Emergency department management of exacerbation of chronic obstructive pulmonary disease: audit of compliance with evidence-based guidelines.
MedLine Citation:
PMID:  19811556     Owner:  NLM     Status:  In-Data-Review    
Background: Emergency departments (ED) play a key role in management of exacerbation of chronic obstructive airways disease (COPD). Current guidelines for management of exacerbation of COPD showed highest levels of evidence (Level A and B) were related to use of medications and non-invasive positive pressure ventilation (NIPPV). Aims: The aim of this study was to examine compliance with high level evidence for management of exacerbation of COPD during the first 4 h of ED care.

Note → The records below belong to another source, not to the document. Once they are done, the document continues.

//! The look-ups.
ghost use Rattle.std.specs.Prelude.{◌≡◌, ◌∷◌, [], Option, Some, None};
ghost use Rattle.rhai_value.specs.End.{end, end_type};
ghost use Rattle.rhai_ops.specs.Table.{row_of, pick, type_line, rows_of_kinds};
ghost use Rattle.rhai_ops.specs.Table as table;
ghost use Rattle.rhai_ops.specs.Tokens as asked;

use crate::builtin::FnBuiltin;
use crate::operand_kind::{OperandKind, is_int, is_text, operand_kind_of};
use crate::tokens::{is_bits, is_cmp, is_number};
use rhai_text::Token;
use rhai_value::{Dynamic, Store, TypeId};

/// Finds the row of a binary operator for these operands; tests for two ints first, then for two
/// texts.
/// Cost: that of `Dynamic::held`; no memory.
/// rhai: `get_builtin_binary_op_fn`.
#[inline(always)]
pub fn get_builtin_binary_op_fn(
    op: &Token,
    left: &Dynamic,
    right: &Dynamic,
    store: &Store,
) -> Option<FnBuiltin>
    ensures { result ≡ row_of op.now store.now left.now right.now }
{
    if is_int(left) {
        if is_int(right) {
            return int_row(*op);
        }
    } else if is_text(left) {
        if is_text(right) {
            return two_texts_row(*op);
        }
    }
    other_row(*op, left, right, store)
}

/// Finds the row for any operands, in a separate function, so that the look-up for two ints or
/// texts stays short.
#[inline(never)]
fn other_row(op: Token, left: &Dynamic, right: &Dynamic, store: &Store) -> Option<FnBuiltin>
    ensures { result ≡ row_of op store.now left.now right.now }
{
    let (a, b) = (operand_kind_of(left), operand_kind_of(right));
    row_of_kinds(op, a, b, left, right, store)
}

fn int_row(t: Token) -> Option<FnBuiltin>
    ensures { result ≡ pick (rows_of_kinds t OperandKind.Int OperandKind.Int []) }
{
    if is_number(t) {
        Some(FnBuiltin::Int(t))
    } else if is_cmp(t) {
        Some(FnBuiltin::IntCompare(t))
    } else {
        range_row(t, FnBuiltin::IntRange(false), FnBuiltin::IntRange(true))
    }
}

fn bool_row(t: Token) -> Option<FnBuiltin>
    ensures { result ≡ pick (rows_of_kinds t OperandKind.Bool OperandKind.Bool []) }
{
    if is_cmp(t) {
        Some(FnBuiltin::BoolCompare(t))
    } else if is_bits(t) {
        Some(FnBuiltin::Bool(t))
    } else {
        None
    }
}

/// The row, if the condition holds.
pub(crate) fn row_if(asked: bool, row: FnBuiltin) -> Option<FnBuiltin>
    ensures { result ≡ pick ((asked, row) ∷ []) }
{
    if asked { Some(row) } else { None }
}

/// The row of one operator, or that of another.
pub(crate) fn one_of(
    t: Token,
    first: (Token, FnBuiltin),
    second: (Token, FnBuiltin),
) -> Option<FnBuiltin>
    ensures { result ≡ pick ((asked.is_token t first.0, first.1) ∷ (asked.is_token t second.0, second.1) ∷ []) }
{
    if t == first.0 {
        Some(first.1)
    } else if t == second.0 {
        Some(second.1)
    } else {
        None
    }
}

/// The row of `..`, or that of `..=`.
fn range_row(t: Token, exclusive: FnBuiltin, inclusive: FnBuiltin) -> Option<FnBuiltin>
    ensures { result ≡ pick ((asked.is_token t Token.ExclusiveRange, exclusive) ∷ (asked.is_token t Token.InclusiveRange, inclusive) ∷ []) }
{
    one_of(
        t,
        (Token::ExclusiveRange, exclusive),
        (Token::InclusiveRange, inclusive),
    )
}

fn two_texts_row(t: Token) -> Option<FnBuiltin>
    ensures { result ≡ pick (rows_of_kinds t OperandKind.Str OperandKind.Str []) }
{
    text_row(
        t,
        FnBuiltin::TextJoin,
        FnBuiltin::TextMinus,
        FnBuiltin::TextCompare(t),
    )
}

/// The row of one operator, or that of the comparisons.
fn one_or_comparison(t: Token, first: (Token, FnBuiltin), compare: FnBuiltin) -> Option<FnBuiltin>
    ensures { result ≡ pick ((asked.is_token t first.0, first.1) ∷ (asked.is_cmp t, compare) ∷ []) }
{
    if t == first.0 {
        Some(first.1)
    } else if is_cmp(t) {
        Some(compare)
    } else {
        None
    }
}

/// The row of `+`, of `-`, or that of the comparisons.
fn text_row(t: Token, plus: FnBuiltin, minus: FnBuiltin, compare: FnBuiltin) -> Option<FnBuiltin>
    ensures { result ≡ pick ((asked.is_token t Token.Plus, plus) ∷ (asked.is_token t Token.Minus, minus) ∷ (asked.is_cmp t, compare) ∷ []) }
{
    if t == Token::Plus {
        Some(plus)
    } else {
        one_or_comparison(t, (Token::Minus, minus), compare)
    }
}

/// The row for operands that are never equal.
fn unlike_row(t: Token) -> Option<FnBuiltin>
    ensures { result ≡ pick ((asked.is_token t Token.NotEqualsTo, FnBuiltin.ConstTrue) ∷ (asked.is_cmp t, FnBuiltin.ConstFalse) ∷ []) }
{
    one_or_comparison(
        t,
        (Token::NotEqualsTo, FnBuiltin::ConstTrue),
        FnBuiltin::ConstFalse,
    )
}

/// Finds the row by the held types.
fn type_row(t: Token, a: TypeId, b: TypeId) -> Option<FnBuiltin>
    ensures { result ≡ pick (type_line t a b) }
{
    if a == TypeId::Shared || b == TypeId::Shared {
        None
    } else if is_range_type(a) && is_range_type(b) {
        if a == b {
            let inclusive = a == TypeId::InclusiveRange;
            one_of(
                t,
                (Token::EqualsTo, FnBuiltin::RangeEqual(inclusive, false)),
                (Token::NotEqualsTo, FnBuiltin::RangeEqual(inclusive, true)),
            )
        } else {
            one_of(
                t,
                (Token::EqualsTo, FnBuiltin::ConstFalse),
                (Token::NotEqualsTo, FnBuiltin::ConstTrue),
            )
        }
    } else if a == b || (is_numeric(a) && is_numeric(b)) {
        None
    } else {
        unlike_row(t)
    }
}

fn is_numeric(a: TypeId) -> bool
    ensures { result ≡ table.is_numeric a }
{
    a == TypeId::Int || (a.is_host() && !is_range_type(a))
}

fn is_range_type(a: TypeId) -> bool
    ensures { result ≡ table.is_range_type a }
{
    matches!(a, TypeId::ExclusiveRange | TypeId::InclusiveRange)
}

#[tactic(auto, using(crate::proofs::Lines::pick_behind))]
fn row_of_kinds(
    t: Token,
    a: OperandKind,
    b: OperandKind,
    left: &Dynamic,
    right: &Dynamic,
    store: &Store,
) -> Option<FnBuiltin>
    ensures { result ≡ pick (rows_of_kinds t a b (type_line t (end_type (end store.now [] left.now)) (end_type (end store.now [] right.now)))) }
{
    match a {
        OperandKind::Unit => match b {
            OperandKind::Unit => one_or_comparison(
                t,
                (Token::EqualsTo, FnBuiltin::ConstTrue),
                FnBuiltin::ConstFalse,
            ),
            OperandKind::Int => match range_row(
                t,
                FnBuiltin::RangeTo(false),
                FnBuiltin::RangeTo(true),
            ) {
                Some(row) => Some(row),
                None => type_row(t, left.type_id(store), right.type_id(store)),
            },
            OperandKind::Str => if t == Token::Plus {
                Some(FnBuiltin::SecondCopy)
            } else {
                unlike_row(t)
            },
            OperandKind::Bool
            | OperandKind::Char
            | OperandKind::Blob
            | OperandKind::Array
            | OperandKind::Other => type_row(t, left.type_id(store), right.type_id(store)),
        },
        OperandKind::Bool => match b {
            OperandKind::Bool => bool_row(t),
            OperandKind::Unit
            | OperandKind::Int
            | OperandKind::Str
            | OperandKind::Char
            | OperandKind::Blob
            | OperandKind::Array
            | OperandKind::Other => type_row(t, left.type_id(store), right.type_id(store)),
        },
        OperandKind::Int => match b {
            OperandKind::Unit => match range_row(
                t,
                FnBuiltin::RangeFrom(false),
                FnBuiltin::RangeFrom(true),
            ) {
                Some(row) => Some(row),
                None => type_row(t, left.type_id(store), right.type_id(store)),
            },
            OperandKind::Int => int_row(t),
            OperandKind::Bool
            | OperandKind::Str
            | OperandKind::Char
            | OperandKind::Blob
            | OperandKind::Array
            | OperandKind::Other => type_row(t, left.type_id(store), right.type_id(store)),
        },
        OperandKind::Str => match b {
            OperandKind::Unit => if t == Token::Plus {
                Some(FnBuiltin::FirstCopy)
            } else {
                unlike_row(t)
            },
            OperandKind::Str => two_texts_row(t),
            OperandKind::Char => text_row(
                t,
                FnBuiltin::TextChar,
                FnBuiltin::TextMinusChar,
                FnBuiltin::TextCharCompare(t),
            ),
            OperandKind::Bool
            | OperandKind::Int
            | OperandKind::Blob
            | OperandKind::Array
            | OperandKind::Other => type_row(t, left.type_id(store), right.type_id(store)),
        },
        OperandKind::Char => match b {
            OperandKind::Str => one_or_comparison(
                t,
                (Token::Plus, FnBuiltin::CharText),
                FnBuiltin::CharTextCompare(t),
            ),
            OperandKind::Char => one_or_comparison(
                t,
                (Token::Plus, FnBuiltin::CharJoin),
                FnBuiltin::CharCompare(t),
            ),
            OperandKind::Unit
            | OperandKind::Bool
            | OperandKind::Int
            | OperandKind::Blob
            | OperandKind::Array
            | OperandKind::Other => type_row(t, left.type_id(store), right.type_id(store)),
        },
        OperandKind::Blob => match b {
            OperandKind::Char => row_if(t == Token::Plus, FnBuiltin::BlobChar),
            OperandKind::Blob => if t == Token::Plus {
                Some(FnBuiltin::BlobJoin)
            } else {
                one_of(
                    t,
                    (Token::EqualsTo, FnBuiltin::BlobEqual(false)),
                    (Token::NotEqualsTo, FnBuiltin::BlobEqual(true)),
                )
            },
            OperandKind::Unit
            | OperandKind::Bool
            | OperandKind::Int
            | OperandKind::Str
            | OperandKind::Array
            | OperandKind::Other => type_row(t, left.type_id(store), right.type_id(store)),
        },
        OperandKind::Array | OperandKind::Other => type_row(
            t,
            left.type_id(store),
            right.type_id(store),
        ),
    }
}
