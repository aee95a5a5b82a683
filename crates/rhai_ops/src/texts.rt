//! Operators on texts.
ghost use Rattle.std.specs.Prelude.{◌≡◌, IsTrue, Some, ◌∷◌, [], ◌++◌};
ghost use Rattle.rhai_text.specs.Text as edits;
ghost use Rattle.rhai_value.specs.Parts.{char_of, text_of};
ghost use Rattle.rhai_value.specs.Tree.{fresh, text as a_text};
ghost use Rattle.rhai_ops.specs.Numbers as specs;
ghost use Rattle.rhai_ops.specs.Outcome.{IsOutcome, answers, bool_answer, both, limited_text};
ghost use Rattle.rhai_ops.specs.Results.{Holds, part as part_in, text_order};
ghost use Rattle.rhai_ops.specs.Tokens.{is_cmp};

use crate::answer::{is_allowed, part, value};
use crate::chars::spelled;
use crate::compare::holds;
use rhai_text::laws::byte_order_is_character_order;
use rhai_text::{EvalAltResult, ImmutableString, Limits, Position, SizeKind, Token};
use rhai_value::{Dynamic, Store};
use std::alloc::Global;
use std::cmp::Ordering;

/// A text appended to a text.
pub(crate) fn join(
    alloc: Global,
    limits: &Limits,
    store: &Store,
    left: &Dynamic,
    right: &Dynamic,
) -> Result<Dynamic, EvalAltResult>
    requires first { Holds text_of store.now left.now }
    requires second { Holds text_of store.now right.now }
    ensures { IsOutcome (Unit {0}) result (both (λ v w. limited_text limits.now (v ++ w)) (part_in text_of store.now left.now) (part_in text_of store.now right.now)) }
{
    joined(alloc, limits, part(left, store), part(right, store))
}

#[tactic(auto, using(crate::proofs::Lengths::joined_length))]
fn joined(
    alloc: Global,
    limits: &Limits,
    a: &ImmutableString,
    b: &ImmutableString,
) -> Result<Dynamic, EvalAltResult>
    ensures { IsOutcome (Unit {0}) result (limited_text limits.now (a.now ++ b.now)) }
{
    if !is_allowed(limits.text, a.len(), b.len()) {
        return Err(EvalAltResult::ErrorDataTooLarge(SizeKind::Text, Position::NONE));
    }
    Ok(Dynamic::from(a.concat(alloc, b.as_str())?))
}

/// A text without the occurrences of a text.
pub(crate) fn minus(
    alloc: Global,
    store: &Store,
    left: &Dynamic,
    right: &Dynamic,
) -> Result<Dynamic, EvalAltResult>
    requires first { Holds text_of store.now left.now }
    requires second { Holds text_of store.now right.now }
    ensures { IsOutcome (Unit {0}) result (both (λ v w. answers (fresh (a_text (edits.minus v w)))) (part_in text_of store.now left.now) (part_in text_of store.now right.now)) }
{
    let b = part::<ImmutableString>(right, store).as_str();
    let text = part::<ImmutableString>(left, store).minus(alloc, b)?;
    Ok(Dynamic::from(text))
}

/// A comparison of two texts.
#[inline(never)]
pub(crate) fn compare(
    op: Token,
    store: &Store,
    left: &Dynamic,
    right: &Dynamic,
) -> Result<Dynamic, EvalAltResult>
    requires comparison { IsTrue (is_cmp op) }
    requires first { Holds text_of store.now left.now }
    requires second { Holds text_of store.now right.now }
    ensures { IsOutcome ⊥ result (both (λ v w. bool_answer (specs.compared op (text_order v w))) (part_in text_of store.now left.now) (part_in text_of store.now right.now)) }
{
    compare_two(op, part(left, store), part(right, store))
}

/// The same for the operands' own contents.
#[inline(always)]
pub(crate) fn compare_two(
    op: Token,
    a: &ImmutableString,
    b: &ImmutableString,
) -> Result<Dynamic, EvalAltResult>
    requires { IsTrue (is_cmp op) }
    ensures { IsOutcome ⊥ result (bool_answer (specs.compared op (text_order a.now b.now))) }
{
    Ok(Dynamic::from_bool(compared_texts(op, a, b)))
}

/// Whether the comparison holds for two texts. Equality compares the lengths first.
#[inline(never)]
#[tactic(auto, using(crate::proofs::Characters::equal_by_order))]
fn compared_texts(op: Token, a: &ImmutableString, b: &ImmutableString) -> bool
    requires { IsTrue (is_cmp op) }
    ensures { Some result ≡ specs.compared op (text_order a.now b.now) }
{
    if op == Token::EqualsTo {
        return a == b;
    }
    holds(op, a.cmp(b))
}

/// A character appended to a text.
#[tactic(auto, using(crate::proofs::Lengths::joined_length))]
pub(crate) fn join_char(
    alloc: Global,
    limits: &Limits,
    store: &Store,
    left: &Dynamic,
    right: &Dynamic,
) -> Result<Dynamic, EvalAltResult>
    requires first { Holds text_of store.now left.now }
    requires second { Holds char_of store.now right.now }
    ensures { IsOutcome (Unit {0}) result (both (λ v d. limited_text limits.now (v ++ d ∷ [])) (part_in text_of store.now left.now) (part_in char_of store.now right.now)) }
{
    let a = part::<ImmutableString>(left, store);
    let mut buffer = [0; 4];
    let b = spelled(value(right, store), &mut buffer);
    if !is_allowed(limits.text, a.len(), b.len()) {
        return Err(EvalAltResult::ErrorDataTooLarge(SizeKind::Text, Position::NONE));
    }
    Ok(Dynamic::from(a.concat(alloc, b)?))
}

/// A text without a character.
pub(crate) fn minus_char(
    alloc: Global,
    store: &Store,
    left: &Dynamic,
    right: &Dynamic,
) -> Result<Dynamic, EvalAltResult>
    requires first { Holds text_of store.now left.now }
    requires second { Holds char_of store.now right.now }
    ensures { IsOutcome (Unit {0}) result (both (λ v d. answers (fresh (a_text (edits.minus_char v d)))) (part_in text_of store.now left.now) (part_in char_of store.now right.now)) }
{
    let text = part::<ImmutableString>(left, store).minus_char(alloc, value(right, store))?;
    Ok(Dynamic::from(text))
}

/// Compares a text with a character, as a text of its own.
pub(crate) fn compare_char(
    op: Token,
    store: &Store,
    left: &Dynamic,
    right: &Dynamic,
) -> Result<Dynamic, EvalAltResult>
    requires comparison { IsTrue (is_cmp op) }
    requires first { Holds text_of store.now left.now }
    requires second { Holds char_of store.now right.now }
    ensures { IsOutcome ⊥ result (both (λ v d. bool_answer (specs.compared op (text_order v (d ∷ [])))) (part_in text_of store.now left.now) (part_in char_of store.now right.now)) }
{
    let order = char_order_of(part(left, store), value(right, store));
    Ok(Dynamic::from_bool(holds(op, order)))
}

/// The order of a text and a character, as a text of its own.
pub(crate) fn char_order_of(a: &ImmutableString, b: char) -> Ordering
    ensures { result ≡ text_order a.now (b ∷ []) }
{
    let mut buffer = [0; 4];
    let b = spelled(b, &mut buffer);
    byte_order_is_character_order();
    a.as_str().cmp(b)
}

Methods: A retrospective medical record audit was conducted at four public and one private ED in Melbourne, Australia. Participants were adult patients with COPD presenting to the ED with a primary complaint of shortness of breath from July 2006 to July 2007. Outcome measures were compliance with evidence-based recommendations regarding use of bronchodilators, methylxanthines, steroids and NIPPV. Results: Of 273 patients in this study, 72.4% received short-acting beta-agonist bronchodilators, 37.8% received an inhaled short-acting anticholinergic medication and 56.6% received systemic steroid therapy. NIPPV was used in 21 patients, 15 of whom had documentation of acidosis and/or hypercapnia). Conclusions: There was variation in the use of high level evidence for the ED management of exacerbation of COPD. The highest rate of compliance was non-use of methylxanthines and the greatest deficit was poor compliance with evidence related to NIPPV. There was also scope for improvement in the use of bronchodilators and systemic steroids.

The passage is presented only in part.